Genetic counselling and testing for inherited dementia: single-centre evaluation of the consensus Italian DIAfN protocol

Background A consensus protocol for genetic counselling and testing of familial dementia, the Italian Dominantly Inherited Alzheimer’s and Frontotemporal Network (IT-DIAfN) protocol, has been developed in Italy by a network of expert dementia centres. The aim of this study is to evaluate feasibility and acceptability of the genetic counselling and testing process, as undertaken according to the IT-DIAfN protocol in one of the IT-DIAfN dementia research centres. Methods The protocol was tested by a multidisciplinary team at the IRCCS Istituto Centro San Giovanni di Dio Fatebenefratelli, Brescia, Italy, on affected individuals with suspected inherited forms of Alzheimer’s disease (AD) or frontotemporal dementia (FTD), and to healthy at-risk relatives. The genetic counselling and testing process consisted of (i) pre-test consultation and psychological assessment (ii) genetic testing, (iii) genetic test result disclosure and (iv) follow-up consultation and psychological assessment.
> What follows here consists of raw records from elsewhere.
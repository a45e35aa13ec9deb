//! Images that are made anew.

ghost use Rattle.std.specs.Prelude.{◌≡◌, ◌+◌, ◌*◌, ◌^◌, ◌<◌, ◌≤◌, ◌++◌, ℕ, List, true, Ok, length, drop, slice_index, OnOk, OnErr};
ghost use Rattle.opfs_codec.specs.declared.change.Format.TheVariants.{New};
ghost use Rattle.opfs_machine.specs.Openings.{empty_map};
ghost use Rattle.opfs_outside.specs.Faults.{Rose};
ghost use Rattle.opfs_outside.specs.Bytes.{Same, window};
ghost use Rattle.opfs_records.specs.Replay.Built.{nothing_built};
ghost use Rattle.opfs_image.specs.Empty.{head_bytes, IsEmptyJournal};
ghost use Rattle.opfs_image.specs.Filling.{Stands};
ghost use Rattle.opfs_image.specs.Reading.{read_as};
ghost use Rattle.opfs_image.specs.Superblock.{areas_of, image_size, is_in_range};

use crate::Geometry;
use crate::superblock::MAGIC;
use opfs_journal::{Areas, DiskFault};
use opfs_outside::{Disk, Failed};

// A first record without changes behind an open gate, of generation 0 in format 2, and a closed gate.
const FIRST_RECORD: [u8; 7] = [0xA5, 1, 0, 0, 0, 16, 0];

// The version of an image of format 2.
const VERSION: u32 = 2;

// Writes the first gate of area 1 closed, and a first record into area 0.
fn write_areas<D: Disk>(disk: &mut D, areas: Areas) -> Result<(), Failed>
    requires lies { areas.first + 2 * areas.bytes ≤ D.size disk.old }
    requires fits { areas.first + 2 * areas.bytes < 2 ^ 64 }
    requires least { 7 ≤ areas.bytes }
    ensures size { D.size disk.new ≡ D.size disk.old }
    ensures empty { OnOk result (D.tells → IsEmptyJournal areas (D.content disk.new)) }
    ensures later { D.faults disk.old ≤ D.faults disk.new }
    ensures cause { OnErr result (Rose (D.faults disk.old) (D.faults disk.new)) }
{
    disk.write(areas.first + areas.bytes, &[0])?;
    disk.write(areas.first, &FIRST_RECORD)?;
    disk.sync()?;
    Ok(())
}

// The first bytes of the superblock.
fn head(geometry: Geometry) -> [u8; 24]
    ensures { result ≡ head_bytes geometry }
{
    let v = VERSION.to_le_bytes();
    let a = geometry.areas.to_le_bytes();
    let b = geometry.blocks.to_le_bytes();
    let q = geometry.quota.to_le_bytes();
    [
        MAGIC[0], MAGIC[1], MAGIC[2], MAGIC[3], MAGIC[4], MAGIC[5], MAGIC[6], MAGIC[7], v[0], v[1],
        v[2], v[3], a[0], a[1], a[2], a[3], b[0], b[1], b[2], b[3], q[0], q[1], q[2], q[3],
    ]
}

// Writes the superblock.
fn write_superblock<D: Disk>(disk: &mut D, geometry: Geometry) -> Result<(), Failed>
    requires { 4096 ≤ D.size disk.old }
    ensures size { D.size disk.new ≡ D.size disk.old }
    ensures head { OnOk result (D.tells → window (D.content disk.new) 0 24 ≡ head_bytes geometry) }
    ensures zeros { OnOk result (D.tells → (i : ℕ) → 24 ≤ i → i < 4096 → slice_index (D.content disk.new) i ≡ 0) }
    ensures behind { D.tells → Same (λ i. 4096 ≤ i) (D.content disk.new) (D.content disk.old) }
    ensures durable { OnOk result (D.tells → (c : List ℕ) → D.since disk.new (D.moment disk.new) c → c ≡ D.content disk.new) }
    ensures later { D.faults disk.old ≤ D.faults disk.new }
    ensures cause { OnErr result (Rose (D.faults disk.old) (D.faults disk.new)) }
{
    disk.write(24, &[0; 4072])?;
    disk.write(0, &head(geometry))?;
    disk.sync()?;
    Ok(())
}

/// Makes a disk an image of these sizes that holds nothing, and syncs. Its superblock has version 2, and zeros behind
/// the sizes. A stop within it may leave no image.
pub fn format<D: Disk>(disk: &mut D, geometry: Geometry) -> Result<(), DiskFault>
    requires range { is_in_range geometry ≡ true }
    requires fits { image_size geometry ≤ D.size disk.old }
    ensures size { D.size disk.new ≡ D.size disk.old }
    ensures image { OnOk result (D.tells → read_as New New (D.content disk.new) ≡ Ok (record { geometry = geometry; built = nothing_built })) }
    ensures stands { OnOk result (D.tells → Stands (D.content disk.new) empty_map) }
    ensures head { OnOk result (D.tells → window (D.content disk.new) 0 24 ≡ head_bytes geometry) }
    ensures zeros { OnOk result (D.tells → (i : ℕ) → 24 ≤ i → i < 4096 → slice_index (D.content disk.new) i ≡ 0) }
    ensures durable { OnOk result (D.tells → (c : List ℕ) → D.since disk.new (D.moment disk.new) c → c ≡ D.content disk.new) }
    ensures later { D.faults disk.old ≤ D.faults disk.new }
    ensures cause { OnErr result (Rose (D.faults disk.old) (D.faults disk.new)) }
{
    write_areas(disk, geometry.journal_areas())?;
    write_superblock(disk, geometry)?;
    Ok(())
}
Results Twenty affected individuals from 17 families fulfilled the family history criteria of the IT-DIAfN protocol for suspected inherited dementia (17 for AD, 2 for FTD, 1 for inclusion body myopathy with Paget disease of bone and frontotemporal dementia) and were included in the protocol. Nineteen out of 20 affected individuals received the genetic test result (one left after the pre-test consultation being not ready to cope with an unfavourable outcome). A pathogenic mutation was found in 6 affected individuals (1 in PSEN1, 2 in PSEN2, 1 in GRN, 1 in MAPT, 1 in VCP). Eleven healthy at-risk relatives asked to undergo predictive testing and were included in the protocol. Three completed the protocol, including follow-up; one did not ask for the genetic test result after genetic testing; and eight withdrew before the genetic testing, mainly due to an increased awareness about the possible consequences of an unfavourable test result. To date, no catastrophic reactions were reported at the follow-up. Conclusions Our case series shows that a structured genetic counselling and testing protocol for inherited dementia can be implemented in both affected individuals and at-risk relatives in a research setting. The procedure was shown to be safe in terms of occurrence of catastrophic events. A formal validation in larger cohorts is needed.